++++ INPUT DATA

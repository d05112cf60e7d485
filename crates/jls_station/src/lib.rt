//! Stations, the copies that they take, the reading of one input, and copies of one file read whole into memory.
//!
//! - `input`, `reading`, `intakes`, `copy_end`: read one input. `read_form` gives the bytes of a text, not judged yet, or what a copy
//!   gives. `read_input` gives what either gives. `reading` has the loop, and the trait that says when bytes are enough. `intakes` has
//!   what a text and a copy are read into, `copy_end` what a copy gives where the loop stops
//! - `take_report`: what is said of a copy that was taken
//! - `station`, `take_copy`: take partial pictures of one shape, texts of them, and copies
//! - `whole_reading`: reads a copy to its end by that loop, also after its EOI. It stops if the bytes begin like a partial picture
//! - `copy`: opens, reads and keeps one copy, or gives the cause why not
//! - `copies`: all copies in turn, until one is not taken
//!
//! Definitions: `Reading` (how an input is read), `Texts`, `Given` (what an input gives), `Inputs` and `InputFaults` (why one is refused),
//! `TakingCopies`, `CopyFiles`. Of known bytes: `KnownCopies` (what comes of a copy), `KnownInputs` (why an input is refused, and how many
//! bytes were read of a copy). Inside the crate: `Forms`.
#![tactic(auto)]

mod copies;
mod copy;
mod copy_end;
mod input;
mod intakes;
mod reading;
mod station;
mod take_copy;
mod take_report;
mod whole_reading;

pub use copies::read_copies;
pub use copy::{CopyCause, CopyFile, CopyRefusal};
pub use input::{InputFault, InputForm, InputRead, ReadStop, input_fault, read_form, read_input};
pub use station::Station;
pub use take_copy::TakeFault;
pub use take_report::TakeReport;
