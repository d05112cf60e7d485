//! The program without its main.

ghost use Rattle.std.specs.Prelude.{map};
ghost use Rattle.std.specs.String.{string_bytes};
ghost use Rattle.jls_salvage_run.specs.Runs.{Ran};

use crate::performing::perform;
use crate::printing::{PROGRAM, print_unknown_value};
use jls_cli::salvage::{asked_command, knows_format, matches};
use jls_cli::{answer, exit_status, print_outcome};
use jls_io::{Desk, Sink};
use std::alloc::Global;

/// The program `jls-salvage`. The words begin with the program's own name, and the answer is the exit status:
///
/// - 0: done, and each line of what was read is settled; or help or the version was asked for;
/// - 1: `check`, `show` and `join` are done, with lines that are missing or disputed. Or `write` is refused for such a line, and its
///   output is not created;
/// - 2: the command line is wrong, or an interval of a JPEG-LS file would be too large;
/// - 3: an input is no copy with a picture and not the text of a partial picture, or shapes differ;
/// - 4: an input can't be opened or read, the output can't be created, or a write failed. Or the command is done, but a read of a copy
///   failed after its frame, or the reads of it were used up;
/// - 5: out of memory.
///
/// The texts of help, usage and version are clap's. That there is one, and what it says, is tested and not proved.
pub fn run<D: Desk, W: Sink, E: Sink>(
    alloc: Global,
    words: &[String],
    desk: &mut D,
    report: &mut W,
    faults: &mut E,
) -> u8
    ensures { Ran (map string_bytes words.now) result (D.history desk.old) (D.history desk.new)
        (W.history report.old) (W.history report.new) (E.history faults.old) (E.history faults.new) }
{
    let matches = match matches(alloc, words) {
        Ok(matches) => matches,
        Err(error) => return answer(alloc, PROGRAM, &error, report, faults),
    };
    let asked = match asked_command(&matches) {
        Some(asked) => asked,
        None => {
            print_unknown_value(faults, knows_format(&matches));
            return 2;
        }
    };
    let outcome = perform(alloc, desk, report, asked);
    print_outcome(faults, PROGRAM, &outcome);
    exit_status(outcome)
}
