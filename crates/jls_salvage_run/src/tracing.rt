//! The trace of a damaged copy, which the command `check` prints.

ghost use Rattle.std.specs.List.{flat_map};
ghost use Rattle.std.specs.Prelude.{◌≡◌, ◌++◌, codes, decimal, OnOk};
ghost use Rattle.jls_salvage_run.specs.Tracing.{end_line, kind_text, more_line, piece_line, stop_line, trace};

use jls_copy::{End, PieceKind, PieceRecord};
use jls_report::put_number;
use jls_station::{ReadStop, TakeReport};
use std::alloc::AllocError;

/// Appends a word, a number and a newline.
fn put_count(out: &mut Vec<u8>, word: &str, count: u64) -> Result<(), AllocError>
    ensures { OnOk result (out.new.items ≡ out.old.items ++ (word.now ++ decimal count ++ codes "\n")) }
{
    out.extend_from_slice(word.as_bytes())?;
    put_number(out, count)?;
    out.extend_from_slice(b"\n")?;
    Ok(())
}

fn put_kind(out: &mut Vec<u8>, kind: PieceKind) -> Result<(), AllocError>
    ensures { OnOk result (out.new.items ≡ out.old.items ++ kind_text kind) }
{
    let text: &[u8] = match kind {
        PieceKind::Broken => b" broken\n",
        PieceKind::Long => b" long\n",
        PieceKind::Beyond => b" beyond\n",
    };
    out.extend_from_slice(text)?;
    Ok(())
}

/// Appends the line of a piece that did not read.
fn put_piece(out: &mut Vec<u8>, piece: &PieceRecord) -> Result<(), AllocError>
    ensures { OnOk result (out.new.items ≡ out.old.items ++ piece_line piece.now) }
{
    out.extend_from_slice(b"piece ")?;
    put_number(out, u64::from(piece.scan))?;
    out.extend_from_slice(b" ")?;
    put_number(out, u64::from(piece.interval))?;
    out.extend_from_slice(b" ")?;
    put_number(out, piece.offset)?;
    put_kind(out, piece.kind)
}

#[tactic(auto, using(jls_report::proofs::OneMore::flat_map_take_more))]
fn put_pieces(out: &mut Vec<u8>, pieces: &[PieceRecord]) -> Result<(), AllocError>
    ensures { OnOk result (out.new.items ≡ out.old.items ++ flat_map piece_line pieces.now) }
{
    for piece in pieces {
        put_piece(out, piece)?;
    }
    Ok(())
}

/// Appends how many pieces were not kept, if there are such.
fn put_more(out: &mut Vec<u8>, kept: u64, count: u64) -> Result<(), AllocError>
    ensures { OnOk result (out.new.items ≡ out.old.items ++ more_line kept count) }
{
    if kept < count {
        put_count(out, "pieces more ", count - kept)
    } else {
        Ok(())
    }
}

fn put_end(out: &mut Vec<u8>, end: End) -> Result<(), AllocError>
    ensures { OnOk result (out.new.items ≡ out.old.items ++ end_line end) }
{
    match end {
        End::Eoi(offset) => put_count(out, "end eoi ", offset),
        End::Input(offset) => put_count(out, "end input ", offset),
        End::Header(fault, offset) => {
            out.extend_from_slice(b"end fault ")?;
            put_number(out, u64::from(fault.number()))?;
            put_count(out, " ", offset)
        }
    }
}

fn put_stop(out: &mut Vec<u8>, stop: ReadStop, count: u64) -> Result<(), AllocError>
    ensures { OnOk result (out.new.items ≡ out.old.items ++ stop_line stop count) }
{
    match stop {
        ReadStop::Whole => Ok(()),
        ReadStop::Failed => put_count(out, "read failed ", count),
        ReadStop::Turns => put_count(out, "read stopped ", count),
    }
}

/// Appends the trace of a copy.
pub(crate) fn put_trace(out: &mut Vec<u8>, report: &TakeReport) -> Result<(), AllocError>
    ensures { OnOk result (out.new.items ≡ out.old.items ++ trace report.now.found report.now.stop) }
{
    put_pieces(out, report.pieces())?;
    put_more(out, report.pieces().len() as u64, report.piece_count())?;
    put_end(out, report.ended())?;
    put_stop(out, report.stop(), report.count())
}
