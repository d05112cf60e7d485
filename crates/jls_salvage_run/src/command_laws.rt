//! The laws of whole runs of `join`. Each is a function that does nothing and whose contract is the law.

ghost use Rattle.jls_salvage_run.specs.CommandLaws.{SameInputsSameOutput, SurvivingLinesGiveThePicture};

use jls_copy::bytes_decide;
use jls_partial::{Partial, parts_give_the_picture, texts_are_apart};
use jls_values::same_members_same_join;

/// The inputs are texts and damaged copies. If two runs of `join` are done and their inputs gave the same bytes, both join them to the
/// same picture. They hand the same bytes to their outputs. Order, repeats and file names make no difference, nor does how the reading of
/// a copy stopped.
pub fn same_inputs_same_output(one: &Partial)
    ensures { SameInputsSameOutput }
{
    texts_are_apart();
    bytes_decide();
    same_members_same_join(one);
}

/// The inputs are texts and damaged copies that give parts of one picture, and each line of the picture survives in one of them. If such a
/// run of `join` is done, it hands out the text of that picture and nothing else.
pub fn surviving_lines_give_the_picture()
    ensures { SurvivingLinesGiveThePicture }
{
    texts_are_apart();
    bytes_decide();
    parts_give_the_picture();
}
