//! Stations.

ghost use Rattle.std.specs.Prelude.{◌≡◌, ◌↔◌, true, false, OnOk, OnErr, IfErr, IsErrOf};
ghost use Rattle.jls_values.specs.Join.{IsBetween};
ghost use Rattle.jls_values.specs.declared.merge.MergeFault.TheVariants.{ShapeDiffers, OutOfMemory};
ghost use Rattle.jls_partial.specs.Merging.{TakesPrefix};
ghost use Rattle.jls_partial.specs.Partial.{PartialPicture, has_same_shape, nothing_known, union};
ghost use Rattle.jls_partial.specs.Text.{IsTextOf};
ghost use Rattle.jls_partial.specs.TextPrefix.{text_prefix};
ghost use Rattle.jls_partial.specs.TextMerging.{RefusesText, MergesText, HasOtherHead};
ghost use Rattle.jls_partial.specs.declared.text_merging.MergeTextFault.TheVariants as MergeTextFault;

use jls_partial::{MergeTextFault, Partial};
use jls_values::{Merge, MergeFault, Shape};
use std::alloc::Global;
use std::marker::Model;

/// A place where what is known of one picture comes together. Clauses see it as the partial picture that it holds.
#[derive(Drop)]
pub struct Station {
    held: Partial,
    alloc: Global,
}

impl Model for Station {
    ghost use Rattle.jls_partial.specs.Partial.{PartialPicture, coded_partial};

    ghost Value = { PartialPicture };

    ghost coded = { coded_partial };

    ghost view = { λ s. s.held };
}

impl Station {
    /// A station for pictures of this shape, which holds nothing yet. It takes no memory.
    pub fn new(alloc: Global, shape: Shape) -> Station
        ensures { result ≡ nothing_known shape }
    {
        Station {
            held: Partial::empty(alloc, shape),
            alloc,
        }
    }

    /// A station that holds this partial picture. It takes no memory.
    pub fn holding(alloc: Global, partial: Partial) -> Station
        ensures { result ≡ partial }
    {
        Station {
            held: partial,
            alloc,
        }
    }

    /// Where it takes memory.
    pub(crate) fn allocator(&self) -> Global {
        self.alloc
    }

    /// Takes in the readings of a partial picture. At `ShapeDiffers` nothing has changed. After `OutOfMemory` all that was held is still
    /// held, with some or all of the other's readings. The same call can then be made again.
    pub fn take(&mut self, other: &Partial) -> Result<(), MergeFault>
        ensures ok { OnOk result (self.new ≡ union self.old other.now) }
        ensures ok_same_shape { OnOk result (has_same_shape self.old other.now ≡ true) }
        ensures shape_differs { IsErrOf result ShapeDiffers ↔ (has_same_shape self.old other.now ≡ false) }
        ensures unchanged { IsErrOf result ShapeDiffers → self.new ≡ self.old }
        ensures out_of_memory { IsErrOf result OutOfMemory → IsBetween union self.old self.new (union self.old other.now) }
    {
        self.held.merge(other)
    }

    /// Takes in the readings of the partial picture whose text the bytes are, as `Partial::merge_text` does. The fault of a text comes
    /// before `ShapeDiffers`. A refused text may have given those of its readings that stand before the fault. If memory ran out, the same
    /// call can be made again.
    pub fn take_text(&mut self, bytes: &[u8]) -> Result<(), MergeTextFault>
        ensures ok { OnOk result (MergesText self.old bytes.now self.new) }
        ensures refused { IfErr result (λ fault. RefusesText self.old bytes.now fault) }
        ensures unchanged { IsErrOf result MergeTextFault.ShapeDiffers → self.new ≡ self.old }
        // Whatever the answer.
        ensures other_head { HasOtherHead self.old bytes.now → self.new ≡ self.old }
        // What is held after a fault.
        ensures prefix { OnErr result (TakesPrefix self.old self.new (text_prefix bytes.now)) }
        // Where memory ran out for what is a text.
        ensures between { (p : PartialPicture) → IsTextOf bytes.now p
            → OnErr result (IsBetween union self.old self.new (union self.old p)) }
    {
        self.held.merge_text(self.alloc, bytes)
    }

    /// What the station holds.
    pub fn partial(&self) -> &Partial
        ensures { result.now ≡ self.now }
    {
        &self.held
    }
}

++++++++
++++ INPUT DATA

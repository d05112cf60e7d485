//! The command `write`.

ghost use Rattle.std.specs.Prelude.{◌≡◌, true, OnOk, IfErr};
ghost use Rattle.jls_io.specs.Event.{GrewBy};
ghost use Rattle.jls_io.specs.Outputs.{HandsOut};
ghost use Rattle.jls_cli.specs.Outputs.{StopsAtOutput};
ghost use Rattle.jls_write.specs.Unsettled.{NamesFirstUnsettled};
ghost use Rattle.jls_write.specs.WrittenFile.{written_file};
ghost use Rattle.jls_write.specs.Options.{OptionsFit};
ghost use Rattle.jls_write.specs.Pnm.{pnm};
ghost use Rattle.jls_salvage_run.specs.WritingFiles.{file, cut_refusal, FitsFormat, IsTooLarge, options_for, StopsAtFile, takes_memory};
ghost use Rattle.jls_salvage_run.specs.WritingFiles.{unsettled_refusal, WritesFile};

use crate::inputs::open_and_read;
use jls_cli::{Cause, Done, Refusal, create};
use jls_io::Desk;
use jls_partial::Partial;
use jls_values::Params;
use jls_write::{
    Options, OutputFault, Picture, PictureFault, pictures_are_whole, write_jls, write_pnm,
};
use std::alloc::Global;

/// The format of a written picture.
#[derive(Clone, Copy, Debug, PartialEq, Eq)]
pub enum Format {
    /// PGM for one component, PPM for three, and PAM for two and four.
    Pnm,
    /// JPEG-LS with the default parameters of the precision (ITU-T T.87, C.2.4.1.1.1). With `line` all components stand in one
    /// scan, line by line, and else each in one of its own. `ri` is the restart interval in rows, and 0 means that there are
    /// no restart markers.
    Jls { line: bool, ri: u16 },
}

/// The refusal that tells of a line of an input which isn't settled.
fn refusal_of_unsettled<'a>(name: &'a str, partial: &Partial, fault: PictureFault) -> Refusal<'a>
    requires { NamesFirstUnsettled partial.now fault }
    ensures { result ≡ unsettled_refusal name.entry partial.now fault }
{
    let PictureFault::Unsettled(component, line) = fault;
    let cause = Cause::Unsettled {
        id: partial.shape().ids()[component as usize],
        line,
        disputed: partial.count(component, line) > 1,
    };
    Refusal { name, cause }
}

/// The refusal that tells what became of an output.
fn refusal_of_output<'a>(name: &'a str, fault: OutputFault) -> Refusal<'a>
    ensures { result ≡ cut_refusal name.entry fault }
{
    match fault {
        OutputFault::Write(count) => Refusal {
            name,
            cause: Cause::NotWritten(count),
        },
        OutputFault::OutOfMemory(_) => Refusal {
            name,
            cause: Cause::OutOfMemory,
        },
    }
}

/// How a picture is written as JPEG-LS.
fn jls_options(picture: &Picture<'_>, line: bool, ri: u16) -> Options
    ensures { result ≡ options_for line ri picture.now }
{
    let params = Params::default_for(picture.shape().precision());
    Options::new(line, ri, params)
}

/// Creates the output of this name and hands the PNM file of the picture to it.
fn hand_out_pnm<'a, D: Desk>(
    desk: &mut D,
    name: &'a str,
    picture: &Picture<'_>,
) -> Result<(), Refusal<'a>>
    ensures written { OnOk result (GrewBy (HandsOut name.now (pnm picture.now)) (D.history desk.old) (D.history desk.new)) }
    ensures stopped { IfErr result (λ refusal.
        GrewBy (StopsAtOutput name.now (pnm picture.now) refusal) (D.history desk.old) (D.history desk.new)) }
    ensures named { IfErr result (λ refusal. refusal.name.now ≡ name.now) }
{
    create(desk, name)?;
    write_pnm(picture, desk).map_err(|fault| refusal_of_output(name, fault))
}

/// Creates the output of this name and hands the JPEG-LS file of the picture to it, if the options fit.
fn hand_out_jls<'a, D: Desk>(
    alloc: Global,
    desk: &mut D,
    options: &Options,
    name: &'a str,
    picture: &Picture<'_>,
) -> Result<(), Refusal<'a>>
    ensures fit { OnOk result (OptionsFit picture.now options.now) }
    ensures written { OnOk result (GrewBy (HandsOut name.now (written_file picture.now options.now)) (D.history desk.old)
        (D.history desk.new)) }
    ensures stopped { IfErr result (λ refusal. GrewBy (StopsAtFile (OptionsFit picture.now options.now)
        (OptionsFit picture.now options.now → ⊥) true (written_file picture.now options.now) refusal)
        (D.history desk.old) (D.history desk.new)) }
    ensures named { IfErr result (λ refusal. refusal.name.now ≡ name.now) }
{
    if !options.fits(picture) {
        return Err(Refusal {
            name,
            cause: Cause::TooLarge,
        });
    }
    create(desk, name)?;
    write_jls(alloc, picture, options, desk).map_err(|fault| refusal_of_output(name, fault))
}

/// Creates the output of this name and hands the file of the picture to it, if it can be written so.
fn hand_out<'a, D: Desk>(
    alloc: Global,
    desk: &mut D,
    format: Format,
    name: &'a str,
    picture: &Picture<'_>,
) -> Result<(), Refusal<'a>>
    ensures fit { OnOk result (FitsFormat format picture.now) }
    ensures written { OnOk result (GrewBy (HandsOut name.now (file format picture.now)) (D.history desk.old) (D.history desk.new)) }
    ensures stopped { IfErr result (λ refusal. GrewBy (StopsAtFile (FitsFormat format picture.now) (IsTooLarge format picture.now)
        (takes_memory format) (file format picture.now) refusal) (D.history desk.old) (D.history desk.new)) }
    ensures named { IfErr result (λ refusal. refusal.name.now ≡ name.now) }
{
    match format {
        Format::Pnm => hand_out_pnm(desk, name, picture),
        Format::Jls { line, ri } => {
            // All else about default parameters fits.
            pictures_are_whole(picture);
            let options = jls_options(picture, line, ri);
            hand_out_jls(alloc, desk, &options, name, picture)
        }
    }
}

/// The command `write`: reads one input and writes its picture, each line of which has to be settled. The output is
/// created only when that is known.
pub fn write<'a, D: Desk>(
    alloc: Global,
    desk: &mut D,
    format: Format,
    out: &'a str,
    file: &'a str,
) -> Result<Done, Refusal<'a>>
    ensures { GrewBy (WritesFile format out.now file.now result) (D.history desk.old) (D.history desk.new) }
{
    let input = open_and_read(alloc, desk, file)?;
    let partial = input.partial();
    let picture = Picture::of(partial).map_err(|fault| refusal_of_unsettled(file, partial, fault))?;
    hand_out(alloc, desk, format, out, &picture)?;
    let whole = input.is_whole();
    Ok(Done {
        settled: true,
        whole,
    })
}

++++++++

For this exercise, gather every line of the data that contains the word "bool".

    Jls { line: bool, ri: u16 },
fn jls_options(picture: &Picture<'_>, line: bool, ri: u16) -> Options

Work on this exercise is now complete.